## Work to complete
Where a line in the listing below contains the word "Prelude", copy that line.

┌──

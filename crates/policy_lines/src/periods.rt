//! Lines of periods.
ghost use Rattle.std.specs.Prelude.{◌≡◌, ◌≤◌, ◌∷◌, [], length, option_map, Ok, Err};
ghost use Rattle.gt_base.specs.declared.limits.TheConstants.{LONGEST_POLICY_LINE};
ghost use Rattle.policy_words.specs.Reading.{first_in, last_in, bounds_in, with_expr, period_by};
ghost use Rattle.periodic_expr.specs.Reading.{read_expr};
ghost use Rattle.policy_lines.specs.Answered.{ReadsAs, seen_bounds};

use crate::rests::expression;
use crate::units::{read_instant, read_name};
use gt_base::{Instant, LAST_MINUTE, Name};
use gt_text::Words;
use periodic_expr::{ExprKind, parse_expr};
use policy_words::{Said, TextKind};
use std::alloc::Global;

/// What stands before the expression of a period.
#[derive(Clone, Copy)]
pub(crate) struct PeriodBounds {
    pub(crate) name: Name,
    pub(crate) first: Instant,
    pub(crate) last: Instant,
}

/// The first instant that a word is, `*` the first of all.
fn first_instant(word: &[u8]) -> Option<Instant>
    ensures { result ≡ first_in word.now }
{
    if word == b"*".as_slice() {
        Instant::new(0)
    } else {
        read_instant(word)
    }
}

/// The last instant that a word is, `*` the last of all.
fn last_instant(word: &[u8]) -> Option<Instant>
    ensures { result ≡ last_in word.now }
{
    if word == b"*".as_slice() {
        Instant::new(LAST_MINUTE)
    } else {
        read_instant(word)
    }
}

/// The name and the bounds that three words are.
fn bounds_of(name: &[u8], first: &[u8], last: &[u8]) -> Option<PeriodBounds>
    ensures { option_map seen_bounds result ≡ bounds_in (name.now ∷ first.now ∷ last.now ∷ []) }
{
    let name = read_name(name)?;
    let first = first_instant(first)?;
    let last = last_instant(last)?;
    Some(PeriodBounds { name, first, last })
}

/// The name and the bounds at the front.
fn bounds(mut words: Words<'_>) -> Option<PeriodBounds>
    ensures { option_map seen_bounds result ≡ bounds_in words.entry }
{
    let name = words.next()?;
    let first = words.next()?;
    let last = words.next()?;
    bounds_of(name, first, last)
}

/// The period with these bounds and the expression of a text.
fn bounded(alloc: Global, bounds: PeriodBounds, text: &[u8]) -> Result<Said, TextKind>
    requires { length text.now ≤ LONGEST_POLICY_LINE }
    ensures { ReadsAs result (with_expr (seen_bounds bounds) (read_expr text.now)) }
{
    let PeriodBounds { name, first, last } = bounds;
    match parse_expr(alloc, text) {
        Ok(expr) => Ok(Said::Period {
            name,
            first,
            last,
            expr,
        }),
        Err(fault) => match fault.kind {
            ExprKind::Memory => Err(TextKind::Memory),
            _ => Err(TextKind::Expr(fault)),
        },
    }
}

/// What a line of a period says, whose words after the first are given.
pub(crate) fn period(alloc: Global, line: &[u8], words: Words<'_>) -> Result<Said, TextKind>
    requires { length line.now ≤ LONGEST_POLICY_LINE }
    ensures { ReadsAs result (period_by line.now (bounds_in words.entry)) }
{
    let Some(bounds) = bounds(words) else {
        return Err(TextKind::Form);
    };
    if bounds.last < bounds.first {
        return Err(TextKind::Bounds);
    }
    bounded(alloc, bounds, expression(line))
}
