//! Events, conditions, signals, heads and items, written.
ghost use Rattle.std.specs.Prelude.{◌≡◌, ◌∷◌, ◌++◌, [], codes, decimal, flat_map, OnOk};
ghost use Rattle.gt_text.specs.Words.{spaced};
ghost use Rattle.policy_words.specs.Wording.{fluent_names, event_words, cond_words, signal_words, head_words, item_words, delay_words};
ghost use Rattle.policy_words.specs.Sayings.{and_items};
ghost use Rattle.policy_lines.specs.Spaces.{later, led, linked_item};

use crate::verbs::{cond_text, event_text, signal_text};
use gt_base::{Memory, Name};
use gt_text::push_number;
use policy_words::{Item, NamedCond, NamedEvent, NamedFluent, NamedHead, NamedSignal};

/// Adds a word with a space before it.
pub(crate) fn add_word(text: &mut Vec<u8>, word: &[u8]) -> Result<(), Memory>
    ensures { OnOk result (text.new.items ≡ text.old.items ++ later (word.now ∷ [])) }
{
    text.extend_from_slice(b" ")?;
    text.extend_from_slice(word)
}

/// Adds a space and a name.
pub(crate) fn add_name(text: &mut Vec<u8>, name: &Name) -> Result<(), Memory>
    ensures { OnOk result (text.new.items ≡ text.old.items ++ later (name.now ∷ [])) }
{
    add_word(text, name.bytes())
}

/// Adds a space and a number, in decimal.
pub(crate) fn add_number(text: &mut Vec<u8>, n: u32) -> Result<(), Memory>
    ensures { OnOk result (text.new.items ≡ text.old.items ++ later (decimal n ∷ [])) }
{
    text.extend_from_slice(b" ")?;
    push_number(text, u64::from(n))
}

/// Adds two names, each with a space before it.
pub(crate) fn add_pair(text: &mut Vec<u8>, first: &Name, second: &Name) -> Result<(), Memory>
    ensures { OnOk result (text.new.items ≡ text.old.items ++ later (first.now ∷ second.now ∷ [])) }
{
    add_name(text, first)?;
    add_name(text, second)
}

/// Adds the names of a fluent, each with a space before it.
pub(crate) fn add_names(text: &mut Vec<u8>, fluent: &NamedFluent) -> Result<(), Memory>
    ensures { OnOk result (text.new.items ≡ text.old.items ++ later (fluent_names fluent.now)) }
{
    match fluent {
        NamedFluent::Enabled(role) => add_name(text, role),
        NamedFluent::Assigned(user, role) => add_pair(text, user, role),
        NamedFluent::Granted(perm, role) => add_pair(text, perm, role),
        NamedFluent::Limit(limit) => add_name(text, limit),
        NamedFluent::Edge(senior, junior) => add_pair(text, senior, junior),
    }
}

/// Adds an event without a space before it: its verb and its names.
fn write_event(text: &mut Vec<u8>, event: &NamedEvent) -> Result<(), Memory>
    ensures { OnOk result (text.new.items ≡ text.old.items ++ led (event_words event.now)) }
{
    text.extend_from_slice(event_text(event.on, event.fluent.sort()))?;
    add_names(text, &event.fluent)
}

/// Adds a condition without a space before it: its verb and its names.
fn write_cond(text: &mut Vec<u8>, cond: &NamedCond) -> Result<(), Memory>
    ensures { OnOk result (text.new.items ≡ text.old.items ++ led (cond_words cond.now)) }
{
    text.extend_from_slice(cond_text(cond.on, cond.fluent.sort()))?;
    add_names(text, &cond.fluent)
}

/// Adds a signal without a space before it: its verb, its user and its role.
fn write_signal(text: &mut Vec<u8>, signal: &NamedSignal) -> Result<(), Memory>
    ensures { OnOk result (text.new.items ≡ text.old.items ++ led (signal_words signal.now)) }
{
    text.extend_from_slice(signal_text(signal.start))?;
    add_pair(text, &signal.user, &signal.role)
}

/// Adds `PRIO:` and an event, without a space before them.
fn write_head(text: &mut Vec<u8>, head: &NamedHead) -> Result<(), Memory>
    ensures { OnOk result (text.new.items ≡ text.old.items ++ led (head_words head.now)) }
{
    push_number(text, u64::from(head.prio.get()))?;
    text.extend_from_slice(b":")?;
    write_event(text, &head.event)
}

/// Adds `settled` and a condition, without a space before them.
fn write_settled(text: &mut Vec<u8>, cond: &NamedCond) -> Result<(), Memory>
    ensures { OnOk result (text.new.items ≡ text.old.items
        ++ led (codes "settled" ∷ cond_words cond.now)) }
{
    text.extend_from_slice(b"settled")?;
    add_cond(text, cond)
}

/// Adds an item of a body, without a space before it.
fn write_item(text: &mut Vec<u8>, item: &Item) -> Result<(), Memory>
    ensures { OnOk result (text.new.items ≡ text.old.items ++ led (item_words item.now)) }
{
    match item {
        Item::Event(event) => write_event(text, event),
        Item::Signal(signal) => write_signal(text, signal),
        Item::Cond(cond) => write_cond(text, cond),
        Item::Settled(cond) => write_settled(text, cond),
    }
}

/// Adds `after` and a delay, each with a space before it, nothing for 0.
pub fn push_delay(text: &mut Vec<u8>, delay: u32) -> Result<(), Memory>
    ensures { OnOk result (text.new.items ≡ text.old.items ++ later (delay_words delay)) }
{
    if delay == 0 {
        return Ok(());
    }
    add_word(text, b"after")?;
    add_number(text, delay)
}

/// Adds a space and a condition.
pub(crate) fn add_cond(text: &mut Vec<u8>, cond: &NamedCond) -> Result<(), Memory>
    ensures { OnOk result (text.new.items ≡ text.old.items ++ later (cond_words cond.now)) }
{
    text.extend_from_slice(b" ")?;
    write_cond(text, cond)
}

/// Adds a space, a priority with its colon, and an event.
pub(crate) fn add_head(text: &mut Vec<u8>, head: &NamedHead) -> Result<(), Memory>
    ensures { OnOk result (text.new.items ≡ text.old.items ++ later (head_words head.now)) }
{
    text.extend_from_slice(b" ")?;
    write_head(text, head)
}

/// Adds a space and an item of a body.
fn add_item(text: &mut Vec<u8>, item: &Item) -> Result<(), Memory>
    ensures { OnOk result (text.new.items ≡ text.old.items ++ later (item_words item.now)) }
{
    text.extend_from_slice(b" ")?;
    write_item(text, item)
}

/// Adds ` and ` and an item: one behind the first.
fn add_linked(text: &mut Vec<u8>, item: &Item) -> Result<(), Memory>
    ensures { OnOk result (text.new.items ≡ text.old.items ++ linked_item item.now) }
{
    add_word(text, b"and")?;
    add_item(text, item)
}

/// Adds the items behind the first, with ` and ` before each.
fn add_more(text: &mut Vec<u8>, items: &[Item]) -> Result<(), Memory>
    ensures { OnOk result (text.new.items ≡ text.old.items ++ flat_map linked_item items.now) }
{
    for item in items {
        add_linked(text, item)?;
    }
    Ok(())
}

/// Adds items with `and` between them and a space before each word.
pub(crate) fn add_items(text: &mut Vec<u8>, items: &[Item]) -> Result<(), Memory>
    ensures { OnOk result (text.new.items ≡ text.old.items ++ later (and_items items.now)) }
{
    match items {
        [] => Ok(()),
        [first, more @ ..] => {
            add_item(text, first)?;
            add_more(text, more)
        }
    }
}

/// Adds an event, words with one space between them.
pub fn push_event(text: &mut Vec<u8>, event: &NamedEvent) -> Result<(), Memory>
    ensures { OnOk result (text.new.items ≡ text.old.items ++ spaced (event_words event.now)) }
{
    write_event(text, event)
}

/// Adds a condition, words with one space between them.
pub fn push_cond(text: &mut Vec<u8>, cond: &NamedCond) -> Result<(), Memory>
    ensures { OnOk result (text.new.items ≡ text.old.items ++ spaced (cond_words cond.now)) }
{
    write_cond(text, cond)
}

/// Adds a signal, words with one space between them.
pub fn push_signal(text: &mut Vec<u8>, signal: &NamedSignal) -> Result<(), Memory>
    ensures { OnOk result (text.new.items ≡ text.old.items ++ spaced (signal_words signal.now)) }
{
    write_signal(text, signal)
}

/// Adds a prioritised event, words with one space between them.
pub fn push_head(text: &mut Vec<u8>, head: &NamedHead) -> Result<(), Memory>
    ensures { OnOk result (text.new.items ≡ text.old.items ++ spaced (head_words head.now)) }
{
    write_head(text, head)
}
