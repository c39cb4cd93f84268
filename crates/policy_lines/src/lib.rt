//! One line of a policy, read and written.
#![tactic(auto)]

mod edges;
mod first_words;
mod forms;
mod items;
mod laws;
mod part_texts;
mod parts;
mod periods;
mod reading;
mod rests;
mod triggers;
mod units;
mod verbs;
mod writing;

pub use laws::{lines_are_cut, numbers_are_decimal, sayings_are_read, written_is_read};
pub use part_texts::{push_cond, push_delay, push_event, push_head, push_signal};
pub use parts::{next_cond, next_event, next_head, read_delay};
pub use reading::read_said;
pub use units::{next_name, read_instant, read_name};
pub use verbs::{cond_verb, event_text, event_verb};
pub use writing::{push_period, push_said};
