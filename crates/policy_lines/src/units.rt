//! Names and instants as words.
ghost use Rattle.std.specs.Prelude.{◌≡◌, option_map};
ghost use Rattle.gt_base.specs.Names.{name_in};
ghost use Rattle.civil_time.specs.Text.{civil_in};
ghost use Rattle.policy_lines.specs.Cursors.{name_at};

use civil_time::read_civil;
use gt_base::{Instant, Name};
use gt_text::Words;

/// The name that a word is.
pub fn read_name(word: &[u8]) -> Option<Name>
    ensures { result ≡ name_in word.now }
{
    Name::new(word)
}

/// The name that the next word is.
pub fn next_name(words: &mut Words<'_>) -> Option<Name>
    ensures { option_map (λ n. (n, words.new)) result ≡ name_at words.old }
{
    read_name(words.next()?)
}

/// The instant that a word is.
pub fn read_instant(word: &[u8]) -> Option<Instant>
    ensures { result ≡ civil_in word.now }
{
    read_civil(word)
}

└──

## Your response
ghost use Rattle.std.specs.Prelude.{◌≡◌, ◌≤◌, ◌∷◌, [], length, option_map, Ok, Err};
ghost use Rattle.std.specs.Prelude.{◌≡◌, ◌∷◌, ◌++◌, [], codes, decimal, flat_map, OnOk};
ghost use Rattle.std.specs.Prelude.{◌≡◌, option_map};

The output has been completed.